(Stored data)
##########

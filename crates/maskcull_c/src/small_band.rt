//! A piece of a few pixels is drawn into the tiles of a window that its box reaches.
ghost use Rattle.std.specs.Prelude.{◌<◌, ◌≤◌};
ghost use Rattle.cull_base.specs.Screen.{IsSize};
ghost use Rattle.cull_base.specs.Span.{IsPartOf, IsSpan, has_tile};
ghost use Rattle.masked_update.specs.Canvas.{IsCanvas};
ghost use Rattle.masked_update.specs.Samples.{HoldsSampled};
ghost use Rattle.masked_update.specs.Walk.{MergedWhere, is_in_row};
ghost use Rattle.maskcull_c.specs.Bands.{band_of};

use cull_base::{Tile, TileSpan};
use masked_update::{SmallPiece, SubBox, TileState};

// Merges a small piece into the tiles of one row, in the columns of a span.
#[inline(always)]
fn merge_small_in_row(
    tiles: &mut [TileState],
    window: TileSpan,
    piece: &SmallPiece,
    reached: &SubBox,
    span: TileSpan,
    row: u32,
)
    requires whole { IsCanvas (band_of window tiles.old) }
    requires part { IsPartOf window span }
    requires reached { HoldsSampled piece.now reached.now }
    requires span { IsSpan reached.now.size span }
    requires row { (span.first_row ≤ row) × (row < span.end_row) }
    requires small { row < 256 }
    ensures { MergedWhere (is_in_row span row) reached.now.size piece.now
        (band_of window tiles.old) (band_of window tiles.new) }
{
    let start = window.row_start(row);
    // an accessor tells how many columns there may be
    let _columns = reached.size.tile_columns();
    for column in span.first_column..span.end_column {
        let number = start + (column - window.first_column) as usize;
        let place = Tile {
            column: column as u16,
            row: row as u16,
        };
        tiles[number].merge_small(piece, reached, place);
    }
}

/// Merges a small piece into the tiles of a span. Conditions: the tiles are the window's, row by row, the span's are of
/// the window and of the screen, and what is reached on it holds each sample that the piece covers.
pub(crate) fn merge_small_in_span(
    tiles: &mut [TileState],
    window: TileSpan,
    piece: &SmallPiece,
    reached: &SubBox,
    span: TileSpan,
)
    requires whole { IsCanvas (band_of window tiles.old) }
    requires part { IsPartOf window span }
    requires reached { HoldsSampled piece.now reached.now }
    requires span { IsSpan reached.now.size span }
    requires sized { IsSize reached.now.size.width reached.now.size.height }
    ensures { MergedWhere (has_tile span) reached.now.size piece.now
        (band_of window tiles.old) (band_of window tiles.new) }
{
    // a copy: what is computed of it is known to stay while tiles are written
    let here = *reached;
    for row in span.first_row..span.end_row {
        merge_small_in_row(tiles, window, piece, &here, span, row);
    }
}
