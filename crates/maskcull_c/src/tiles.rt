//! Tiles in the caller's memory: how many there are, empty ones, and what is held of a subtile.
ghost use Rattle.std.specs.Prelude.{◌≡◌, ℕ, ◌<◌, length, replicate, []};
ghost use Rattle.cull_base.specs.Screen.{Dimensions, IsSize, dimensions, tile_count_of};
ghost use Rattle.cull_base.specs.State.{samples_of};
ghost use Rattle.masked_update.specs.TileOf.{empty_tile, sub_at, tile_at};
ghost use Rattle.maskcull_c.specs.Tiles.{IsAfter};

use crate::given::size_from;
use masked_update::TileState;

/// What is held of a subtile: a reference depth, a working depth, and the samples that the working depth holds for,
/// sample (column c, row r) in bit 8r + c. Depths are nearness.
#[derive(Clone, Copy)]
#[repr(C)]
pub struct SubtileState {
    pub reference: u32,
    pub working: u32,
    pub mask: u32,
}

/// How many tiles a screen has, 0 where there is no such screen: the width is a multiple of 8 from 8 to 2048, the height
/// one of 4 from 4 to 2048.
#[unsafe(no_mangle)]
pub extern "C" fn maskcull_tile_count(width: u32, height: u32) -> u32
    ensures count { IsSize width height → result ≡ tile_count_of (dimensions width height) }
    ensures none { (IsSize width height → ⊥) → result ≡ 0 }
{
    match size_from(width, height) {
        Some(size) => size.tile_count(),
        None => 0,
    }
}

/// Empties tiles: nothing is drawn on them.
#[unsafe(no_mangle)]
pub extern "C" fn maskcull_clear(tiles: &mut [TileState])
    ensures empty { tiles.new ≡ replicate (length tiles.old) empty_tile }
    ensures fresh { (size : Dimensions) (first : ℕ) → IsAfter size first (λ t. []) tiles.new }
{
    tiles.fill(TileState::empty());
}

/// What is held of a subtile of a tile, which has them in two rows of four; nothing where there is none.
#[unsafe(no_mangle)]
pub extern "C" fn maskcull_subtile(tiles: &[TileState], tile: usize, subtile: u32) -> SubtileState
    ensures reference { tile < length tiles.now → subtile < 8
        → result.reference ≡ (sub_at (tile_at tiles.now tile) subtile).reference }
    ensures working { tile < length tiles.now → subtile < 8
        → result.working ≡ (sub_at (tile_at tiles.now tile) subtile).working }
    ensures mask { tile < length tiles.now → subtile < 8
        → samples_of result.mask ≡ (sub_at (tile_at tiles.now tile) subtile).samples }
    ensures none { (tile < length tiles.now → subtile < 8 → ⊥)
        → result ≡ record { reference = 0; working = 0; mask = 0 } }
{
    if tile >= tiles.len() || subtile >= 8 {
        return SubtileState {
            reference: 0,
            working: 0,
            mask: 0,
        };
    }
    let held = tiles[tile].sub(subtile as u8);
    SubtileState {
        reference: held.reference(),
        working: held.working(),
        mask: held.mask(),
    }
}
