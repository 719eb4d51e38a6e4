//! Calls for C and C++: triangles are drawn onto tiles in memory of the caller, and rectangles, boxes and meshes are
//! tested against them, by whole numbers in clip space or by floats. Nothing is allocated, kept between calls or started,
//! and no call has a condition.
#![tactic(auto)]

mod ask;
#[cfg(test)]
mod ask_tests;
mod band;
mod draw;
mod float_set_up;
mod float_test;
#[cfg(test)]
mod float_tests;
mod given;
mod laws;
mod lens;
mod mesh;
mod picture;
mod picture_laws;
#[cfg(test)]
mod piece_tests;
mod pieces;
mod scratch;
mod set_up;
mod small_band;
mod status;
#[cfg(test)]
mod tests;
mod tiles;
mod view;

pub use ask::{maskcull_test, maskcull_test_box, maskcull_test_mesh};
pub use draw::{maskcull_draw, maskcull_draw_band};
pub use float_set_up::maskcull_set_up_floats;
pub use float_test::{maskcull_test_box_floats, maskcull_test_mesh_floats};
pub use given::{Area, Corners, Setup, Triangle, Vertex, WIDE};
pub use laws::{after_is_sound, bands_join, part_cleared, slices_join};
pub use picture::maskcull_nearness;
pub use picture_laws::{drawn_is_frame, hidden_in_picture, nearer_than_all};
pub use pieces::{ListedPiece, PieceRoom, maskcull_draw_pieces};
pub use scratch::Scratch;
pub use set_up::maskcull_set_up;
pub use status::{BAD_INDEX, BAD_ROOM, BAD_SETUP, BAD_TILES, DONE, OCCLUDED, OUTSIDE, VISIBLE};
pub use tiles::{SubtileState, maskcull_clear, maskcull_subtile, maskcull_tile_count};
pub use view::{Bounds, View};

##########

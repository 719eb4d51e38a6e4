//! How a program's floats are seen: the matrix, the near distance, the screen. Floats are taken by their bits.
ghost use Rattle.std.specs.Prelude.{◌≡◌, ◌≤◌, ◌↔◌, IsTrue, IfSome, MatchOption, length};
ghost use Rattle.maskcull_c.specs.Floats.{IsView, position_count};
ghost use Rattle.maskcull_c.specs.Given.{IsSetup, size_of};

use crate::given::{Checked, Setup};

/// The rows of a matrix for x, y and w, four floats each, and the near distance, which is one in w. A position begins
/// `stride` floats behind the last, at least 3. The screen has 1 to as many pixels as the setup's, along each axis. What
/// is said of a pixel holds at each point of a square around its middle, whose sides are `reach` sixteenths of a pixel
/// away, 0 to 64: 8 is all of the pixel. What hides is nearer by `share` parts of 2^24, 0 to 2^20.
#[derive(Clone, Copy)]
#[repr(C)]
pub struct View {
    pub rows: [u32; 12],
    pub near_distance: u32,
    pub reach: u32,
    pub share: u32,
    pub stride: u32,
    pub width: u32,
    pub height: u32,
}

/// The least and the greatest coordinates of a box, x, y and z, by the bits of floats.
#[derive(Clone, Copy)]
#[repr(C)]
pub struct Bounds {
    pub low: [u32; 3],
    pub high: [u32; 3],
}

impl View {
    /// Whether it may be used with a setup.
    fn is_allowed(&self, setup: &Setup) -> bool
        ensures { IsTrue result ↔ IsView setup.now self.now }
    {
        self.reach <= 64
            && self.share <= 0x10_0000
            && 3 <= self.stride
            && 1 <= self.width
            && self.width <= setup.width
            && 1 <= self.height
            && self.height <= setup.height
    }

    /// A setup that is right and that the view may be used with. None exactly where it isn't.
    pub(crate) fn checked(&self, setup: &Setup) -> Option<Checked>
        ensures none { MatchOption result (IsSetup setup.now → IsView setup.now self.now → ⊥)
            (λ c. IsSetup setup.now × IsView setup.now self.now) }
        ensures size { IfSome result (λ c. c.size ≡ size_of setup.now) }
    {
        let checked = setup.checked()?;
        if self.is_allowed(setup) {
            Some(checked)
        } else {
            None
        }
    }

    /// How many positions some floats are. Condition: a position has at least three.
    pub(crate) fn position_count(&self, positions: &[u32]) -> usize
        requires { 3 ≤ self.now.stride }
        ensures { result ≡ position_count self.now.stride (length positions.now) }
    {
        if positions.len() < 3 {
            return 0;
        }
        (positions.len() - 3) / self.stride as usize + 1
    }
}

##########

### Work item
Within the data, how many lines hold the word "replicate"? State only that number.

### Result below
2